Она сказала, что ещё до войны доски для пола нарублены были, до сих пор на крыше сарая лежат, а в доме земляной пол, и что тут особенного — всего на две недели работы, если по утрам и вечерам работать. И сказанное ею тяжестью легло на сердце Симона. Что же это, весь мир, значит, на расчёте держится? Время и без того летнее, рабочее, ночи короткие, а ты тесаком всю ночь теши-стучи?! А стук тот, чтоб ещё в горы до Агун дошёл, а Агун тут же и прикинь, и рассчитай, и счёт предъяви, а ты битый час толкуй ей — так и так, мол, Арто не восемьсот должен был заплатить, а шестьсот, Мушег, в свою очередь, тысячу сто. Хорошо ещё, Агун в математике слаба, не очень кумекает, а то он вон с каких времён ещё должен был Матевосу из Дсеха пятьсот рублей, только удалось — взял у Арто, переправил в Дсех с одним дсехцем, имени не знает.

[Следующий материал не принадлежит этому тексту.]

//! The findings about entries, and strings that are advised for them.

ghost use Rattle.std.specs.{Prelude.{◌≡◌, List, IfOk, IsTrue}, List.{AllByRecursion}};
ghost use Rattle.ti_caps.specs.{Entry.{Content}, Fits.{string_fits}};
ghost use Rattle.ti_steps.specs.declared.advice.{Advice.{Advice}, Finding.{Finding}};

use std::alloc::{AllocError, Global};
use ti_caps::{Bytes, Cap, Entry};
use ti_fixes::Change;

/// How much a finding of an entry counts.
#[derive(Clone, Copy, Debug, PartialEq, Eq)]
pub enum Weight {
    /// It is a fault on any terminal, or by the entry's own other strings.
    Certain,
    /// The terminal shows it.
    Shown,
    /// It may be none.
    Doubtful,
    /// It is that of an entry that isn't for the terminal, or of one that is only there to be used by others: it counts
    /// for nothing.
    Lent,
}

/// Something that is wrong with an entry.
#[derive(Clone, Copy, Debug, PartialEq, Eq)]
pub struct Finding {
    /// The capability at fault.
    pub cap: Cap,
    /// The number by which an adviser knows the kind of the fault.
    pub cause: u8,
    /// How much it counts.
    pub weight: Weight,
}

/// A string that is advised for a capability of an entry.
#[derive(Debug, Drop)]
pub struct Advice {
    /// The capability.
    pub cap: Cap,
    /// The string.
    pub string: Bytes,
    /// The fault of the entry for which it is advised; it may be that of another capability.
    pub fault: Finding,
}

/// A string that is advised for an entry of a source text, and the field that is to be given it.
#[derive(Debug, Drop)]
pub struct Remedy {
    /// The place of the entry for which it is advised.
    pub root: usize,
    /// The fault of that entry for which it is advised.
    pub fault: Finding,
    /// The field and the string.
    pub change: Change,
}

impl Remedy {
    /// A copy of the remedy.
    ///
    /// # Errors
    /// Out of memory.
    pub fn try_copy(&self) -> Result<Remedy, AllocError>
        ensures { IfOk result (λ copy. copy ≡ self.now) }
    {
        Ok(Remedy {
            root: self.root,
            fault: self.fault,
            change: self.change.try_copy()?,
        })
    }
}

/// Whether something is so of entries, unless memory ran out.
pub type Judged = Result<bool, AllocError>;

/// The findings about an entry, unless memory ran out.
pub type Found = Result<Vec<Finding>, AllocError>;

/// Finds what is wrong with entries, and advises strings for them.
pub trait Adviser {
    /// The relation of an entry and what is found about it.
    ghost finds: { Self → Content → List Finding → Type 0 };

    /// The relation of an entry and the strings that are advised for it.
    ghost advises: { Self → Content → List Advice → Type 0 };

    /// All that is wrong with the entry.
    fn find(&self, alloc: Global, entry: &Entry) -> Found
        ensures { IfOk result (λ findings. finds self.now entry.now findings.items) };

    /// The strings that are advised for the entry.
    fn advise(&self, alloc: Global, entry: &Entry) -> Result<Vec<Advice>, AllocError>
        ensures advised { IfOk result (λ advices. advises self.now entry.now advices.items) }
        ensures fits { IfOk result (λ advices. AllByRecursion (λ one. IsTrue (string_fits one.string)) advices.items) };
}
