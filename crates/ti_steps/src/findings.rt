//! The meaning of findings for the values of an entry.

ghost use Rattle.std.specs.Prelude.{◌≡◌, ◌==◌, ◌&&◌, not};
ghost use Rattle.std.specs.List.{list_all, list_any};
ghost use Rattle.ti_steps.specs.Findings as spec;

use crate::advice::{Finding, Remedy, Weight};
use ti_caps::Cap;

/// Whether both are about one capability for one cause.
fn is_same_fault(one: &Finding, other: &Finding) -> bool
    ensures { result ≡ spec.is_same_fault one.now other.now }
{
    one.cap.place() == other.cap.place() && one.cause == other.cause
}

/// Whether an entry of which this is found has that fault.
pub fn has_fault(findings: &[Finding], one: &Finding) -> bool
    ensures { result ≡ spec.has_fault findings.now one.now }
{
    findings.iter().any(|own| is_same_fault(one, own))
}

/// Whether each fault of the new findings is one of the old ones.
pub fn is_no_worse(old: &[Finding], new: &[Finding]) -> bool
    ensures { result ≡ spec.is_no_worse old.now new.now }
{
    new.iter().all(|own| has_fault(old, own))
}

/// Whether a finding of this weight counts for nothing.
fn is_lent(weight: Weight) -> bool
    ensures { result ≡ spec.is_lent weight }
{
    match weight {
        Weight::Certain => false,
        Weight::Shown => false,
        Weight::Doubtful => false,
        Weight::Lent => true,
    }
}

/// Whether nothing is found that counts.
pub fn is_whole(findings: &[Finding]) -> bool
    ensures { result ≡ spec.is_whole findings.now }
{
    findings.iter().all(|own| is_lent(own.weight))
}

/// Whether a value may change for a finding of this weight, in an entry that is `whole` afterwards or not.
fn may_change(weight: Weight, whole: bool) -> bool
    ensures { result ≡ spec.may_change weight whole }
{
    match weight {
        Weight::Certain => true,
        Weight::Shown => whole,
        Weight::Doubtful => whole,
        Weight::Lent => false,
    }
}

/// Whether this finding of an entry lets a value of that entry change for the fault.
fn permits(whole: bool, fault: &Finding, own: &Finding) -> bool
    ensures { result ≡ spec.permits whole fault.now own.now }
{
    is_same_fault(fault, own) && may_change(own.weight, whole)
}

/// Whether a value of an entry with these findings may change for the fault.
fn is_permitted(findings: &[Finding], whole: bool, fault: &Finding) -> bool
    ensures { result ≡ spec.is_permitted findings.now whole fault.now }
{
    findings.iter().any(|own| permits(whole, fault, own))
}

/// Whether the remedy's string is for the capability at fault, and for no other one that is mended beside it.
fn is_direct(one: &Remedy) -> bool
    ensures { result ≡ spec.is_direct one.now }
{
    one.fault.cap.place() == one.change.cap.place()
}

/// Whether an entry with these findings may change by the remedy.
pub fn allows(findings: &[Finding], whole: bool, one: &Remedy) -> bool
    ensures { result ≡ spec.allows findings.now whole one.now }
{
    is_permitted(findings, whole, &one.fault) && (is_direct(one) || whole)
}

/// Whether the remedy gives this capability a string, and an entry with these findings may change by it.
fn explains(findings: &[Finding], whole: bool, cap: Cap, one: &Remedy) -> bool
    ensures { result ≡ spec.explains findings.now whole cap one.now }
{
    one.change.cap.place() == cap.place() && allows(findings, whole, one)
}

/// Whether one of the remedies gives this capability a string, and an entry with these findings may change by it.
pub fn is_explained(findings: &[Finding], whole: bool, cap: Cap, taken: &[Remedy]) -> bool
    ensures { result ≡ spec.is_explained findings.now whole cap taken.now }
{
    taken.iter().any(|one| explains(findings, whole, cap, one))
}

/// Whether nothing is found.
pub fn is_none(findings: &[Finding]) -> bool
    ensures { result ≡ spec.is_none findings.now }
{
    match findings {
        [] => true,
        [_first, ..] => false,
    }
}

/// Whether something is found about the capability.
fn is_found(cap: Cap, findings: &[Finding]) -> bool
    ensures { result ≡ spec.is_found cap findings.now }
{
    findings.iter().any(|own| own.cap.place() == cap.place())
}

/// Whether a finding of this weight is certain.
fn is_sure(weight: Weight) -> bool
    ensures { result ≡ spec.is_sure weight }
{
    match weight {
        Weight::Certain => true,
        Weight::Shown => false,
        Weight::Doubtful => false,
        Weight::Lent => false,
    }
}

/// Whether this finding is that fault, for certain.
fn is_certain(fault: &Finding, own: &Finding) -> bool
    ensures { result ≡ spec.is_certain fault.now own.now }
{
    is_same_fault(fault, own) && is_sure(own.weight)
}

/// Whether one of the findings is that fault, for certain.
fn was_certain(findings: &[Finding], fault: &Finding) -> bool
    ensures { result ≡ spec.was_certain findings.now fault.now }
{
    findings.iter().any(|own| is_certain(fault, own))
}

/// Whether the fault was certain, and nothing is found about its capability any more.
fn is_mended(old: &[Finding], new: &[Finding], fault: &Finding) -> bool
    ensures { result ≡ spec.is_mended old.now new.now fault.now }
{
    was_certain(old, fault) && !is_found(fault.cap, new)
}

/// Whether an entry with the remedy's fault has no fault any more, or that certain fault is mended directly.
pub fn is_earned(old: &[Finding], new: &[Finding], one: &Remedy) -> bool
    ensures { result ≡ spec.is_earned old.now new.now one.now }
{
    has_fault(old, &one.fault)
        && (is_none(new) || (is_direct(one) && is_mended(old, new, &one.fault)))
}

/// Whether this finding is about the capability, and none of the old ones is that fault.
fn is_new(old: &[Finding], cap: Cap, own: &Finding) -> bool
    ensures { result ≡ (own.now.cap == cap && not (spec.has_fault old.now own.now)) }
{
    own.cap.place() == cap.place() && !has_fault(old, own)
}

/// Whether there is a new fault about the capability.
pub fn has_new(old: &[Finding], new: &[Finding], cap: Cap) -> bool
    ensures { result ≡ list_any (λ own. own.cap == cap && not (spec.has_fault old.now own)) new.now }
{
    new.iter().any(|own| is_new(old, cap, own))
}
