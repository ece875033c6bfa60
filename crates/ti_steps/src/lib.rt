//! Strings that are advised for entries of source texts, and steps that take some of them: which of them are fair to
//! every entry, and why others aren't taken.
#![tactic(auto)]

mod advice;
mod entries;
mod findings;
mod gathering;
mod kept;
mod steps;

pub use advice::{Advice, Adviser, Finding, Found, Judged, Remedy, Weight};
pub use findings::{allows, is_earned, is_no_worse, is_whole};
pub use gathering::{Wanted, remedies_for};
pub use kept::{Kept, Reason, harm_at, use_of};
pub use steps::{Step, resolved, take_step};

— Нет, Сона, ничего не выйдет.
— А я возьму и позову Симона-маленького.
— Мне что. Зови.
Вечером Симон шёл на село. Сона с шумом выволакивала и сбрасывала с крыши сарая доски и громко так спросила, когда он поравнялся с домом:
— Ну как, мастер, завтра начинаешь работу?
С поля возвращались косари. «Или она окончательно шлюха?» — подумал Симон. На ближнем огороде трудилось семейство Ато.
— Начинаю, да! Хочешь, хоть с сегодняшней ночи и начну, — ехидно и с иным смыслом сказал Симон.
— Время летнее, когда же ещё, как не ночью.
Симон присел у дороги, подождал, пока пройдёт бригада косарей, чтобы как следует проучить эту шлюху. А Сона стояла, уперев руки в бока, и тихонечко посмеивалась исподтишка. Но когда Симон пошёл к ней, она опустила руки, и, когда он совсем вплотную подошёл, она смотрела на него на манер обиженной девочки. Она оставила Симона стоять на дороге, сама пошла, встала в дверях, Симон подошёл к дверям, она вошла в дом. Вошла в дом и пустила слезу, заплакала как актриса: «Виновата я, если муж твоей жены вернулся с войны, а мой нет?» И вообще так получилось: Симон на село не пошёл больше, Симон оттащил доски к дому и сколотил козлы, а потом обстругал, обтесал половину досок, а в полночь пошёл заночевать в доме. Утром на столе жареный цыплёнок был, Симон поел и пошёл на работу. К вечеру начался дождь, да так и не перестал. Весь вымокший, с ноющими ногами, Симон шёл домой. Сона отвела его к себе, раздела донага, так голого и уложила в постель, потому что мужской смены белья большого размера в доме не было. Его уложила, а сама выстирала, высушила и выгладила Симонову одежду.